(Saved data entries)
ghost use Rattle.std.specs.Prelude.{◌≡◌, ◌++◌, ◌<◌, ◌^◌, OnOk, slice_get};
ghost use Rattle.ja_ir.specs.Operations as operations;
ghost use Rattle.ja_constraints.specs.Calls as calls;
ghost use Rattle.ja_constraints.specs.Places.{HasFew};

use crate::constraint::{
    Constraint, Constraints, add_copy, add_link, add_reach, add_throws_library,
};
use crate::place::argument_cell;
use ja_base::Memory;
use ja_ir::{
    CallKind, CallOp, MethodAt, Op, Program, arguments, has_receiver, is_dispatched, is_static,
};
use ja_network::{Action, Cell, Event};

// Whether a method, if there is one of this number, can be called by a call of this kind.
fn can_be_called(p: &Program, kind: CallKind, n: u32) -> bool
    ensures { result ≡ calls.can_be_called kind (slice_get p.now.methods n) }
{
    match p.methods().as_slice().get(n as usize) {
        Some(method) => match kind {
            CallKind::Static => is_static(method.flags),
            CallKind::Special => !is_static(method.flags),
            _ => false,
        },
        None => false,
    }
}

/// Adds that a call goes to a method with code.
pub fn add_calls(told: &mut Constraints, method: u32, index: u32, target: u32) -> Result<(), Memory>
    ensures { OnOk result (told.new ≡ told.old ++ calls.calls method index target) }
{
    told.push(Constraint::Happens {
        event: Event::Calls {
            method,
            index,
            target,
        },
    })
}

/// Adds that a call goes to a method without code.
pub fn add_calls_abstract(
    told: &mut Constraints,
    method: u32,
    index: u32,
    target: u32,
) -> Result<(), Memory>
    ensures { OnOk result (told.new ≡ told.old ++ calls.calls_abstract method index target) }
{
    told.push(Constraint::Happens {
        event: Event::CallsAbstract {
            method,
            index,
            target,
        },
    })
}

/// Adds that a call goes to the library.
pub fn add_calls_library(told: &mut Constraints, method: u32, index: u32) -> Result<(), Memory>
    ensures { OnOk result (told.new ≡ told.old ++ calls.calls_library method index) }
{
    told.push(Constraint::Happens {
        event: Event::CallsLibrary { method, index },
    })
}

// Adds that a call goes to what it found, where that can be called by it.
fn add_found(
    told: &mut Constraints,
    p: &Program,
    m: u32,
    i: u32,
    kind: CallKind,
    found: Option<MethodAt>,
) -> Result<(), Memory>
    ensures { OnOk result (told.new ≡ told.old ++ calls.goes_to_found p.now m i kind found) }
{
    match found {
        None => Ok(()),
        Some(MethodAt::Library) => add_calls_library(told, m, i),
        Some(MethodAt::Program(n)) => {
            if can_be_called(p, kind, n.0) {
                add_calls(told, m, i, n.0)
            } else {
                Ok(())
            }
        }
        Some(MethodAt::Abstract(n)) => {
            if can_be_called(p, kind, n.0) {
                add_calls_abstract(told, m, i, n.0)
            } else {
                Ok(())
            }
        }
    }
}

// Adds where a call goes, whose receiver is in a cell.
fn add_by_kind(
    told: &mut Constraints,
    p: &Program,
    method: u32,
    index: u32,
    receiver: Cell,
    call: &CallOp,
) -> Result<(), Memory>
    ensures { OnOk result (told.new ≡ told.old ++ calls.goes_by_kind p.now method index receiver call.now.found call.now.kind) }
{
    match call.kind {
        CallKind::Virtual => add_link(told, receiver, Action::Dispatch { method, index }),
        CallKind::Interface => add_link(told, receiver, Action::Dispatch { method, index }),
        CallKind::Special => add_found(told, p, method, index, CallKind::Special, call.found),
        CallKind::Static => add_found(told, p, method, index, CallKind::Static, call.found),
        CallKind::StaticField => add_calls_library(told, method, index),
        CallKind::MemberField => add_calls_library(told, method, index),
    }
}

// Adds that a call on null throws.
fn add_null(
    told: &mut Constraints,
    p: &Program,
    m: u32,
    i: u32,
    kind: CallKind,
) -> Result<(), Memory>
    ensures { OnOk result (told.new ≡ told.old ++ calls.null_receiver p.now m i kind) }
{
    if has_receiver(kind) {
        add_throws_library(told, p, m, i)
    } else {
        Ok(())
    }
}

/// Adds where an operation that may run goes, if it is a call.
pub fn add_targets(
    told: &mut Constraints,
    p: &Program,
    m: u32,
    i: u32,
    row: &[Cell],
    locals: u32,
    height: u32,
    op: &Op,
) -> Result<(), Memory>
    ensures { OnOk result (told.new ≡ told.old ++ calls.targets p.now m i row.now locals height op.now) }
{
    match op {
        Op::Call(call) => {
            let receiver = argument_cell(row, locals, height, call, 0);
            add_null(told, p, m, i, call.kind)?;
            add_by_kind(told, p, m, i, receiver, call)
        }
        _ => Ok(()),
    }
}

// The first argument that goes to a method with all that are in its cell.
fn first_handed(kind: CallKind) -> u32
    ensures { result ≡ calls.first_handed kind }
{
    if is_dispatched(kind) { 1 } else { 0 }
}

// Adds that the arguments of a call go to the parameters of a method.
fn add_hands(
    told: &mut Constraints,
    row: &[Cell],
    locals: u32,
    height: u32,
    call: &CallOp,
    method: u32,
) -> Result<(), Memory>
    requires { operations.arguments call.now < 2 ^ 32 }
    ensures { OnOk result (told.new ≡ told.old ++ calls.hands row.now locals height call.now method) }
{
    let first = first_handed(call.kind);
    let count = arguments(call) as u32;
    for param in first..count {
        let from = argument_cell(row, locals, height, call, param);
        add_copy(told, from, Cell::Param { method, param })?;
    }
    Ok(())
}

/// Adds that the arguments of an operation go to the parameters of a method and its result comes back,
/// if it is a call.
pub fn add_passes(
    told: &mut Constraints,
    m: u32,
    i: u32,
    target: u32,
    row: &[Cell],
    locals: u32,
    height: u32,
    op: &Op,
) -> Result<(), Memory>
    requires { HasFew op.now }
    ensures { OnOk result (told.new ≡ told.old ++ calls.passes m i target row.now locals height op.now) }
{
    match op {
        Op::Call(call) => {
            add_hands(told, row, locals, height, call, target)?;
            let to = Cell::Pushed {
                method: m,
                index: i,
            };
            add_copy(told, Cell::Answer { method: target }, to)
        }
        _ => Ok(()),
    }
}

/// Adds that a method may begin which is called, and that what it throws out the call throws.
pub fn add_begin(told: &mut Constraints, m: u32, i: u32, target: u32) -> Result<(), Memory>
    ensures { OnOk result (told.new ≡ told.old ++ calls.begins m i target) }
{
    add_reach(told, target, 0)?;
    let to = Cell::Thrown {
        method: m,
        index: i,
    };
    add_copy(told, Cell::Out { method: target }, to)
}
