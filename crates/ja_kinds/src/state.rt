use ja_base::{Kind, Seq};

/// A list of kinds.
pub type KindList = Seq<Kind>;

/// The kinds of the locals, word by word, and of the values on the stack, from the bottom.
///
/// A local of two words has its kind at the first, and the second is not usable.
#[derive(Drop)]
pub struct KindState {
    pub locals: KindList,
    pub stack: KindList,
}

/// What is known before an instruction.
#[derive(Drop)]
pub enum State {
    /// No way leads there.
    Unreached,
    /// Each way that leads there brings this stack, and locals that may be taken for these.
    Known(KindState),
    /// Ways with different stacks meet, or come from an instruction that does not take what it finds.
    Clash,
}
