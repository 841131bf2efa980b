ghost use Rattle.std.specs.Prelude.{◌≡◌, ◌++◌, IfOk};
ghost use Rattle.ja_kinds.specs.Frame.{filled, parameter_words, entry_locals};
ghost use Rattle.ja_kinds.specs.Solution.{entry_state};

use crate::frame::Frame;
use crate::state::{KindList, KindState, State};
use ja_base::{Kind, Memory};
use std::alloc::Global;

/// Adds the words that a value of a kind fills.
fn fill(words: &mut Vec<Kind>, kind: Kind) -> Result<(), Memory>
    ensures { IfOk result (λ _. words.new.items ≡ words.old.items ++ filled kind) }
{
    match kind {
        Kind::P2 => words.extend_from_slice(&[Kind::P2, Kind::T])?,
        _ => words.push(kind)?,
    }
    Ok(())
}

/// The words that parameters fill.
fn parameter_words(alloc: Global, parameters: &[Kind]) -> Result<Vec<Kind>, Memory>
    ensures { IfOk result (λ words. words.items ≡ parameter_words parameters.now) }
{
    let mut words = Vec::new(alloc);
    for kind in parameters {
        fill(&mut words, *kind)?;
    }
    Ok(words)
}

/// The locals at the start.
fn entry_locals(alloc: Global, max_locals: u32, parameters: &[Kind]) -> Result<KindList, Memory>
    ensures { IfOk result (λ locals. locals ≡ entry_locals max_locals parameters.now) }
{
    let mut locals = parameter_words(alloc, parameters)?;
    let unusable = Vec::from_elem(alloc, Kind::T, max_locals as usize)?;
    locals.extend_from_slice(unusable.as_slice())?;
    locals.truncate(max_locals as usize);
    Ok(KindList::from_vec(locals))
}

/// What is known at the start.
pub(crate) fn entry_state(alloc: Global, frame: &Frame) -> Result<State, Memory>
    ensures { IfOk result (λ state. state ≡ entry_state frame.now) }
{
    let locals = entry_locals(alloc, frame.max_locals, frame.parameters.as_slice())?;
    Ok(State::Known(KindState {
        locals,
        stack: KindList::new(alloc),
    }))
}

• [Task goal]:
Only the lines above from the line containing "told.old ++ calls.calls_abstract" through the line containing "pub fn add_calls_library(told: &mut" should be retyped, exactly and with both ends included.

• [Task result]:
    ensures { OnOk result (told.new ≡ told.old ++ calls.calls_abstract method index target) }
{
    told.push(Constraint::Happens {
        event: Event::CallsAbstract {
            method,
            index,
            target,
        },
    })
}

/// Adds that a call goes to the library.
pub fn add_calls_library(told: &mut Constraints, method: u32, index: u32) -> Result<(), Memory>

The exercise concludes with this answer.